The first clear trend of torture films that emerged during these years can be termed as the inquisition flick. As with The Black Cat, Poe’s work served as inspiration for a film about madness, corruption, and obsession. Roger Corman’s The Pit and the Pendulum (1961) takes place in 16th century Spain and the climax involves a young man trapped in the titular torture device. The torturer, played by the inimitable Vincent Price, is revealed to be the demented son of an inquisitor.

While the violence was kept to a reasonable level, the commercial and critical success of The Pit and the Pendulum is likely to have influenced a series of films that depicted a demented inquisitor torturing, mutilating, and humiliating innocent bystanders. Most of the time, their victim was a young virginal girl who refused the sexual advances of the inquisitor. Not surprisingly, the amount of violence and sexual situations increased with each new entry in this subgenre. The most notorious flicks in this trend include The Witchfinder General (1968), The Bloody Judge (1970), Mark of the Devil (1970), and Mark of the Devil 2 (1973).
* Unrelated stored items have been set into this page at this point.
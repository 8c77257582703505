ghost use Rattle.std.specs.Prelude.{◌≡◌, ℕ, ◌⊎◌, [], IfOk, map};
ghost use Rattle.krieg_words.specs.declared.dialects.Dialect.{Dialect as Umpire};
ghost use Rattle.krieg_theory.specs.Sets.{In};
ghost use Rattle.krieg_costs.specs.Sums.{IsOnce};
ghost use Rattle.krieg_parting.specs.Turns.{IsOwnTurn, IsOthersTurn};
ghost use Rattle.krieg_table.specs.SetRows.{SetRows};
ghost use Rattle.krieg_search.specs.Openings.{opening_in};
ghost use Rattle.krieg_search.specs.Stretches.{IsAtWork};
ghost use Rattle.krieg_solve.specs.KeyTries.{IsKeyAnswer, IsWithinFresh, IsTaken};
ghost use Rattle.krieg_solve.specs.SetKeys.{AreSetKeys, AreKeysAt, numbers_of};

use crate::set_keys::{SetKeys, keys_of_sets};
use krieg_board::{Move, NoMemory, Side, Units};
use krieg_pack::Belief;
use krieg_search::decide::{Outlook, ask_openings, new_search};
use krieg_search::{Opening, Search, SearchStop, Way};
use krieg_words::Words;
use std::alloc::Global;

/// A key: a try with which as few moves are enough as with any.
#[derive(Clone, Copy)]
pub struct KeyTry {
    pub mv: Move,
    /// Whether it is refused in some position that is possible.
    pub may_be_refused: bool,
}

/// What may be heard before the first own turn, and the keys then.
#[derive(Drop)]
pub struct KeysAt {
    /// The opening words.
    pub opens: Words,
    /// The words of the opponent's first move, where he is to move first.
    pub heard: Option<Words>,
    /// The least number of own moves within which the side mates from there.
    pub least: u8,
    /// Each try with which that many are enough, ascending.
    pub tries: Vec<KeyTry>,
}

/// The keys of a list of positions.
#[derive(Drop)]
pub struct Keys {
    /// The greatest of the least numbers: the worst case of the best plan.
    pub worst: u8,
    /// For each thing that may be heard before the first own turn, ascending as the roots of a plan are.
    pub roots: Vec<KeysAt>,
}

/// What a search for keys finds.
#[derive(Drop)]
pub enum KeyAnswer {
    /// Some plan mates every listed position, and these are the keys.
    Found(Keys),
    /// No plan mates every listed position within the number of moves that was asked.
    None,
}

/// The numbers of the sets of openings, each once: two openings may have the same set.
fn sets_once(alloc: Global, openings: &[Opening]) -> Result<Vec<u32>, NoMemory>
    ensures once { IfOk result (λ v. IsOnce v.items) }
    ensures all { IfOk result (λ v. (s : ℕ) → In s (numbers_of openings.now) → In s v.items) }
    ensures only { IfOk result (λ v. (s : ℕ) → In s v.items → In s (numbers_of openings.now)) }
{
    let mut sets = Vec::new(alloc);
    for o in openings {
        if !sets.contains(&o.set) {
            sets.push(o.set)?;
        }
    }
    Ok(sets)
}

/// The keys of the set with that number, among those of some sets.
fn keys_for(found: &[SetKeys], set: u32) -> &SetKeys
    requires { In set (map (λ k. k.set) found.now) }
    ensures there { In result.now found.now }
    ensures set { result.now.set ≡ set }
{
    for keys in found {
        if keys.set == set {
            return keys;
        }
    }
    unreachable!()
}

fn copy_of(tries: &Vec<KeyTry>) -> Result<Vec<KeyTry>, NoMemory>
    ensures { IfOk result (λ v. v.items ≡ tries.now.items) }
{
    Ok(tries.clone()?)
}

/// The keys of each opening, by those of its set.
fn keys_at_openings(
    alloc: Global,
    openings: &[Opening],
    found: &[SetKeys],
) -> Result<Keys, NoMemory>
    requires { (s : ℕ) → In s (numbers_of openings.now) → In s (map (λ k. k.set) found.now) }
    ensures { IfOk result (λ keys. (d : Umpire) (n : ℕ) (T : SetRows)
        → AreSetKeys d n T (map (λ k. k.set) found.now) found.now
        → AreKeysAt d n (map (opening_in T) openings.now) keys) }
{
    let mut worst = 0;
    let mut roots = Vec::new(alloc);
    for o in openings {
        let keys = keys_for(found, o.set);
        worst = worst.max(keys.least);
        let tries = copy_of(&keys.tries)?;
        roots.push(KeysAt {
            opens: o.opens,
            heard: o.heard,
            least: keys.least,
            tries,
        })?;
    }
    Ok(Keys { worst, roots })
}

/// The keys by a search that has found out nothing yet.
fn keys_by(
    search: &mut Search,
    way: Way,
    who: Side,
    b: &Belief,
    moves: u8,
) -> Result<KeyAnswer, SearchStop>
    requires turn { IsOwnTurn who b.now ⊎ IsOthersTurn who b.now }
    requires empty { search.old.table ≡ [] }
    requires ready { IsAtWork way search.old }
    ensures answer { IsKeyAnswer way.d who b.now moves result }
    ensures taken { IsTaken way.d who b.now moves result search.old.units search.new.units }
{
    let asked = ask_openings(search, way, who, b, moves)?;
    let Some(Outlook { openings, all_win }) = asked else {
        return Ok(KeyAnswer::None);
    };
    if !all_win {
        return Ok(KeyAnswer::None);
    }
    search.table.know_once();
    let sets = sets_once(way.alloc, &openings)?;
    let found = keys_of_sets(search, way, &sets, moves)?;
    search.table.know_once();
    Ok(KeyAnswer::Found(keys_at_openings(way.alloc, &openings, &found)?))
}

/// All keys: for each thing that may be heard before the first own turn, the least number of own moves within which the side `who` mates,
/// and each try with which it does so, as the umpire tells games in the dialect of the way. `None` comes exactly where `find` gives none.
///
/// The first try of the best plan is the first key. Of each opening set the tries before it begin no win, as the search for the plan has
/// found; each behind it is tried with the least number of moves.
///
/// Where the way says so, tries may be cut, as by `find`: the keys are the same. An answer takes at most what is fresh, and `Spent` comes only where fewer units are left than
/// are fresh. It takes none, and neither does `NoMemory`. `Large` never comes.
///
/// No other moves, positions and sides may be asked for than by `find`.
pub fn find_keys(
    way: Way,
    who: Side,
    b: &Belief,
    moves: u8,
    units: &mut Units,
) -> Result<KeyAnswer, SearchStop>
    requires turn { IsOwnTurn who b.now ⊎ IsOthersTurn who b.now }
    ensures answer { IsKeyAnswer way.d who b.now moves result }
    ensures units { IsWithinFresh way.d who b.now moves result units.old units.new }
{
    let mut search = new_search(way, units.left());
    let answer = keys_by(&mut search, way, who, b, moves)?;
    *units = Units::new(search.units.left());
    Ok(answer)
}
Evidence of the cruelty and brutality of these films is the fact that most of them have been banned or censored at some point in time.
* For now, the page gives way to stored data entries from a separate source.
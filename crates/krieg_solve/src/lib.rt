//! The best plan, `solve` and `find`, and all its keys, `find_keys`.
//!
//! It tells how a side mates every listed position, whichever of them is on the board, within a number of own moves;
//! or that no plan does. Both give the same answers, at other prices. What stands in their clauses is in the terms of
//! krieg_theory and krieg_costs: read `Solutions` in `specs/` (what each answer says, and what it takes), then `BuiltPlan` (the plan
//! that is built) and `Building` (a node of the plan). `Decision` of krieg_search is the other half: whether some plan mates, with the
//! account of what that took.
//!
//! `solve` and `find` call `decide` of krieg_search, which leaves a table of stored results. `find` may cut tries there, and `solve` cuts
//! none: so the floor of what a search takes holds for `solve`. Neither keeps notes of what blocks tries.
//!
//! `roots` and `build` make the plan of the stored results, by a `Builder`. Each node is taken from the number that is
//! allowed before anything below it is built. They split the sets once more, each by the one try that wins it, by units
//! that are made for that alone: `wins` (in `WonSets` of krieg_search) says that the search has paid for each of these splits.
//!
//! `find_keys` tells of each opening set not one try that wins with the fewest moves, but all (`keys`, `set_keys`): read `KeyTries` in
//! `specs/`. It first asks for the openings as `decide` does. Of a set that is won within its least number, the tries before the stored one
//! begin no win, so only those behind it are left to be split, and these with that number. So no try of a pair is split twice, and all
//! fits into what is fresh: `SetKeys` has what the later tries take. Two openings may have the same set, whose keys are looked for once.
//! `laws` has what keys are over trees.
//!
//! Building calls itself for each node below a node, some 2,490 levels at most, and a level takes less than 600 bytes of the stack. The
//! search goes as deep, and its levels take more.
//!
//! ```
//! let mut units = Units::new(5_000_000);
//! // `list` has White's king on b6, his rook on h1 and Black's king on a8 or c8; White is to move
//! match solve(alloc, Dialect::Wild16, Side::White, &list, 2, 100, &mut units) {
//!     Ok(Answer::Mates { worst, plan }) => .., // 2, and h1d1 and then d1d8, whichever it is
//!     Ok(Answer::None) => .., // no plan mates both within 2 moves
//!     Err(SearchStop::Large) => .., // the plan has more than 100 nodes
//!     Err(SearchStop::Spent) => .., // the units are too few, and all are left
//!     Err(SearchStop::NoMemory) => ..,
//! }
//! // `find` takes the same arguments and comes to the same
//! ```
#![tactic(auto)]

mod best_plan;
mod build;
mod keys;
pub mod laws;
mod roots;
mod set_keys;

pub use best_plan::{Answer, find, solve};
pub use keys::{KeyAnswer, KeyTry, Keys, KeysAt, find_keys};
However, like everybody who has tried to define torture porn as a subgenre, he gets tangled up in his own definition.

Therefore, because of our complex cultural intertextuality, it may be difficult to define the exact generic conventions of the torture porn subgenre. Nevertheless, it is possible to avoid sophisticated intertextual conundrums and identify a torture flick as one where acts of torture are the main visual and narrative drivers of the storyline.
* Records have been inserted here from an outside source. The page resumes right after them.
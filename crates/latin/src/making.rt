// Making a Latin square.
ghost use Rattle.std.specs.Prelude.{◌≡◌, ◌*◌, []};
ghost use Rattle.puzzles.specs.Givens.{fits};
ghost use Rattle.latin.specs.Latin.{largest, smallest};
ghost use Rattle.latin.specs.Made.{latin_setup};
ghost use Rattle.puzzles.specs.Making.{Makes, setup};
ghost use Rattle.rows.specs.Firsts.{First, first_failing};

use crate::puzzle::{LARGEST, Latin, SMALLEST};
use puzzles::Given;
use puzzles::givens::first_outside;
use puzzles::making::{check_entries, check_limits};
use rows::Fault;

impl<'a> Latin<'a> {
    /// The smallest square, with no givens.
    pub fn new() -> Latin<'a>
        ensures { latin_setup result ≡ setup smallest [] }
    {
        Latin {
            size: SMALLEST as u8,
            givens: &[],
        }
    }

    /// Sets the size and the givens, which are lent, or refuses and leaves the puzzle as it was:
    /// stop 1 for a size that is not 1 to 9, stop 2 for more than 256 givens, stop 4 for the first given off the board.
    #[tactic(auto, using(puzzles::proofs::Chains::firsts))]
    pub fn make(&mut self, size: usize, givens: &'a [Given]) -> Result<(), Fault>
        ensures makes { Makes smallest largest (fits size (size * size)) (latin_setup self.old) (latin_setup self.new) size givens.now result }
        ensures first { First (fits size (size * size)) givens.now (first_failing (fits size (size * size)) 0 givens.now) }
    {
        check_limits(SMALLEST, LARGEST, size, givens.len())?;
        check_entries(first_outside(size, size * size, givens))?;
        *self = Latin {
            size: size as u8,
            givens,
        };
        Ok(())
    }
}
That sounds good until you start looking at examples. For example, the violence in the French Chainsaw-manqué Frontier(s), which is the columnist says can be "considered the pinnacle of the torture porn subgenre," is extreme; but whether it is torture or not (beyond the most basic assertion that any violent captivity would be torture) is dubious and, even if we decided it were, you'd need to defend the claim that torture was the driving narrative force behind that film.

4 comments:

Anonymous said...

"...you'd need to defend the claim that torture was the driving narrative force behind that film."

I always felt that "porn" rather than "torture" should be the "driving narrative force" for a film to be considered "Torture porn", the torture part is really just the most convenient way to deliver the money shot, resp. as many of them as possible.

HB said...

Contrary to the view that the tale originated in France shortly before Charles Perrault produced the first written version in the 17th century, Dr Tehrani found that the varients shared a common ancestor dating back more than 2,600 years.

He said: “Over time these folk tales have been subtly changed and have evolved just like an biological organism. Because many of them were not written down until much later, they have been misremembered or reinvented through hundreds of generations.


This mostly makes me wonder if this guy is just trying to find a way to quantify the Joseph Cambell/Jungian approach to mythology, in re: cultural and mythological archetypes. Interesting, but possibly a futile quest.

--heather

Alexi Frest said...

When it comes to torture porn, nobody can outshine my world-famous compatriot, my lovely Lady Báthory.

Madelon said...

I've always considered 'torture porn' as being part of the plot device, taking the actual 'porn' part at face-value. As in, movies where torture is linked to sexual gratification. In that sense, I consider Hostel to be torture porn, but not Saw, as the motivation for the torture acts is very different.

Although most people have dismissed the Saw series as torture porn, I never considered the trap scenes to be the 'driving narrative force' of the movies (especially not in the first instalment). They are the outcome of a man's mind and (within the framework of the movie) not considered as torture. This is of course different in the case of Hostel, or indeed, the Inquisition flicks mentioned in this post.

I would opt for a stance where the function of 'torture porn' within the narrative framework of the movie is taking into account, as opposed to a position as a spectator, measuring the amount of blood that is spilled (in that sense, any horror movie could be labeled torture porn).